沢山の包帯が痛々しくて目を逸らしたいけど、初めて見た君の眠る顔があまりにも綺麗だったから逸らせなかった。
「誕生日おめでとう」
最初に出た言葉がそれで、
「今まで本当にごめん」
次に出た言葉が謝罪だった。
幸い部屋の中には自分と彼女の二人っきりしかいなくて、僕は彼女の隣に座りながらまた未来予測をした。
『妻を殺してもバレない確率 99.274%』
そうだろうな、と思った。感情なんか介入する暇もなく目の前のボタンのどれか一つでも押してしまえば彼女は死ぬだろう。それで足が付くと言うのなら、彼女の首をそっと絞めればいい。
以前友人が言っていた『設定した本人が『殺す』なんて選択をするのかどうかというところから計算に入る』というのは。言うなれば躊躇なのだ。殺すという段階に入って途中で足を踏みとどまるか、ということ。

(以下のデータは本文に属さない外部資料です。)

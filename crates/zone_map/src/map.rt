//! A map from zones to values.
ghost use Rattle.std.specs.Prelude.{◌≡◌, [], None, option_map, slice_get, IfOk, OnOk};
ghost use Rattle.std.specs.BTreeMap.{insert_entry, is_at};
ghost use Rattle.std.specs.List.Sorted.{IsStrictlySortedBy};
ghost use Rattle.std.specs.Map.{keys_of, lookup};
ghost use Rattle.hazard_types.specs.Places.{by_place};
ghost use Rattle.zone_map.specs.Kept.{kept_in, AreKept};

use crate::code::ZoneCode;
use crate::rising::{has_room, seat_of, set_at, value_near};
use hazard_types::{List, Oom, Zone};
use std::alloc::Global;
use std::collections::BTreeMap;
use std::marker::Model;

/// A map from zones to values, in the order of zones. The entries are in a sorted list while few of
/// them come after each new one. From the first new one that comes before more than 64 others they
/// are in a tree, and so after `clear`.
#[derive(Drop)]
pub struct ZoneMap<V> {
    rising: Option<Vec<(ZoneCode, V)>>,
    /// The index after the entry that was set last.
    near: usize,
    others: BTreeMap<ZoneCode, V>,
}

impl<V> Model for ZoneMap<V> {
    ghost use Rattle.std.specs.Prelude.{List as Seq};
    ghost use Rattle.hazard_types.specs.Places.{Place};
    ghost use Rattle.zone_map.specs.Kept.{kept_in, AreKept};

    ghost Value = { Seq (Place × V) };

    ghost view = { λ m. kept_in m.rising m.others.entries };

    ghost invariant = { λ m. AreKept m.rising m.others.entries };
}

/// Sets the value of a zone in the tree `others`. `before` becomes the value that the zone had, or
/// `None` if it had none.
fn set_among<V: Copy>(
    others: &mut BTreeMap<ZoneCode, V>,
    zone: ZoneCode,
    value: V,
    before: &mut Option<V>,
) -> Result<(), Oom>
    ensures set { OnOk result
        (others.new.entries ≡ insert_entry by_place others.old.entries zone value) }
    ensures before { OnOk result (before.new ≡ lookup (is_at (by_place zone)) others.old.entries) }
    ensures sorted { IsStrictlySortedBy by_place (keys_of others.new.entries) }
{
    *before = others.insert(zone, value)?;
    Ok(())
}

/// Adds the entries of `list`, which must be in the order of zones, to the tree `others`, which
/// must be empty. If memory runs out, some may be added.
fn insert_all<V: Copy>(
    others: &mut BTreeMap<ZoneCode, V>,
    list: &[(ZoneCode, V)],
) -> Result<(), Oom>
    requires sorted { IsStrictlySortedBy by_place (keys_of list.now) }
    requires empty { others.old.entries ≡ [] }
    ensures all { OnOk result (others.new.entries ≡ list.now) }
    ensures sorted { IsStrictlySortedBy by_place (keys_of others.new.entries) }
{
    for entry in list {
        others.insert(entry.0, entry.1)?;
    }
    let _ = others.len();
    Ok(())
}

/// Moves the entries of the list `rising`, if it is not `None`, into the tree `others`, which is
/// empty then; `rising` is `None` afterwards. If memory runs out, entries may be lost.
fn move_to_tree<V: Copy>(
    rising: &mut Option<Vec<(ZoneCode, V)>>,
    others: &mut BTreeMap<ZoneCode, V>,
) -> Result<(), Oom>
    requires { AreKept rising.old others.old.entries }
    ensures none { rising.new ≡ None }
    ensures all { OnOk result (others.new.entries ≡ kept_in rising.old others.old.entries) }
    ensures sorted { IsStrictlySortedBy by_place (keys_of others.new.entries) }
{
    match rising.take() {
        Some(list) => insert_all(others, &list),
        None => Ok(()),
    }
}

/// Returns the entries of the list, in its order, each with its zone in place of the code.
fn entries_in<V: Copy>(alloc: Global, list: &[(ZoneCode, V)]) -> Result<List<(Zone, V)>, Oom>
    ensures { IfOk result (λ entries. entries ≡ list.now) }
{
    let mut entries = Vec::with_capacity(alloc, list.len())?;
    for entry in list {
        entries.push((entry.0.zone(), entry.1))?;
    }
    Ok(List::from_vec(entries))
}

/// Returns the entries of the tree, in the order of zones, each with its zone in place of the code.
fn listed<V: Copy>(alloc: Global, others: &BTreeMap<ZoneCode, V>) -> Result<List<(Zone, V)>, Oom>
    ensures { IfOk result (λ list. list ≡ others.now.entries) }
{
    let mut list = Vec::with_capacity(alloc, others.len())?;
    for (zone, value) in others {
        list.push((zone.zone(), *value))?;
    }
    Ok(List::from_vec(list))
}

/// Returns the value of the first zone of the tree, or `None` if the tree is empty.
fn first_among<V: Copy>(others: &BTreeMap<ZoneCode, V>) -> Option<V>
    ensures { result ≡ option_map (λ e. e.1) (slice_get others.now.entries 0) }
{
    match others.first_key_value() {
        Some((_zone, value)) => Some(*value),
        None => None,
    }
}

impl<V: Copy> ZoneMap<V> {
    /// Returns an empty map, without capacity.
    pub fn new(alloc: Global) -> Self
        ensures { result ≡ [] }
    {
        ZoneMap {
            rising: Some(Vec::new(alloc)),
            near: 0,
            others: BTreeMap::new(alloc),
        }
    }

    /// Returns the value at a zone, or `None` if it has none. `near` is a guess of the zone's index
    /// in the order of zones, on which the result does not depend; if the zone is found in the
    /// sorted list, it becomes the next index. So it is right if zones are asked for in order.
    pub fn get(&self, near: &mut usize, zone: &Zone) -> Option<V>
        ensures value { result ≡ lookup (is_at (by_place zone.now)) self.now }
        ensures order { IsStrictlySortedBy by_place (keys_of self.now) }
    {
        let code = ZoneCode::new(zone);
        match &self.rising {
            Some(list) => value_near(list, near, &code),
            None => self.others.get(&code).copied(),
        }
    }

    /// Sets the value at a zone. `before` becomes the value that the zone had, or `None` if it had
    /// none. On an error, values of other zones may be lost.
    ///
    /// # Errors
    ///
    /// Out of memory.
    pub fn set(&mut self, zone: Zone, value: V, before: &mut Option<V>) -> Result<(), Oom>
        ensures set { OnOk result (self.new ≡ insert_entry by_place self.old zone value) }
        ensures before { OnOk result (before.new ≡ lookup (is_at (by_place zone)) self.old) }
    {
        let code = ZoneCode::new(&zone);
        if let Some(list) = &mut self.rising {
            let seat = seat_of(list, self.near, &code);
            if has_room(list, seat, &code) {
                self.near = seat.saturating_add(1);
                return set_at(list, seat, &code, value, before);
            }
        }
        move_to_tree(&mut self.rising, &mut self.others)?;
        set_among(&mut self.others, code, value, before)
    }

    /// Returns the value at the first zone, or `None` if the map is empty.
    pub fn first(&self) -> Option<V>
        ensures { result ≡ option_map (λ e. e.1) (slice_get self.now 0) }
    {
        match &self.rising {
            Some(list) => list.first().map(|entry| entry.1),
            None => first_among(&self.others),
        }
    }

    /// Returns the zones in order, each with its value.
    ///
    /// # Errors
    ///
    /// Out of memory.
    pub fn list(&self, alloc: Global) -> Result<List<(Zone, V)>, Oom>
        ensures value { IfOk result (λ list. list ≡ self.now) }
        ensures order { IsStrictlySortedBy by_place (keys_of self.now) }
    {
        match &self.rising {
            Some(list) => entries_in(alloc, list),
            None => listed(alloc, &self.others),
        }
    }

    /// Removes all entries. From then on entries are in a tree.
    pub fn clear(&mut self)
        ensures { self.new ≡ [] }
    {
        self.rising = None;
        self.others.clear();
    }
}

今の彼女は躊躇する前に死んでしまう存在なのだ。たった少しでも僕がそうしようとすれば彼女は死んでしまう。
「ねぇ、今日の確率は0%だったよ。低いどころの騒ぎじゃないね」
僕はいつものように彼女にそう言った。だって確率は0%なんだ。メガネのレンズに表示されてるのは『99.358%』だったけれど、僕は彼女に生きていてほしかったから確率は0%。僕が彼女を殺すなんてありえない。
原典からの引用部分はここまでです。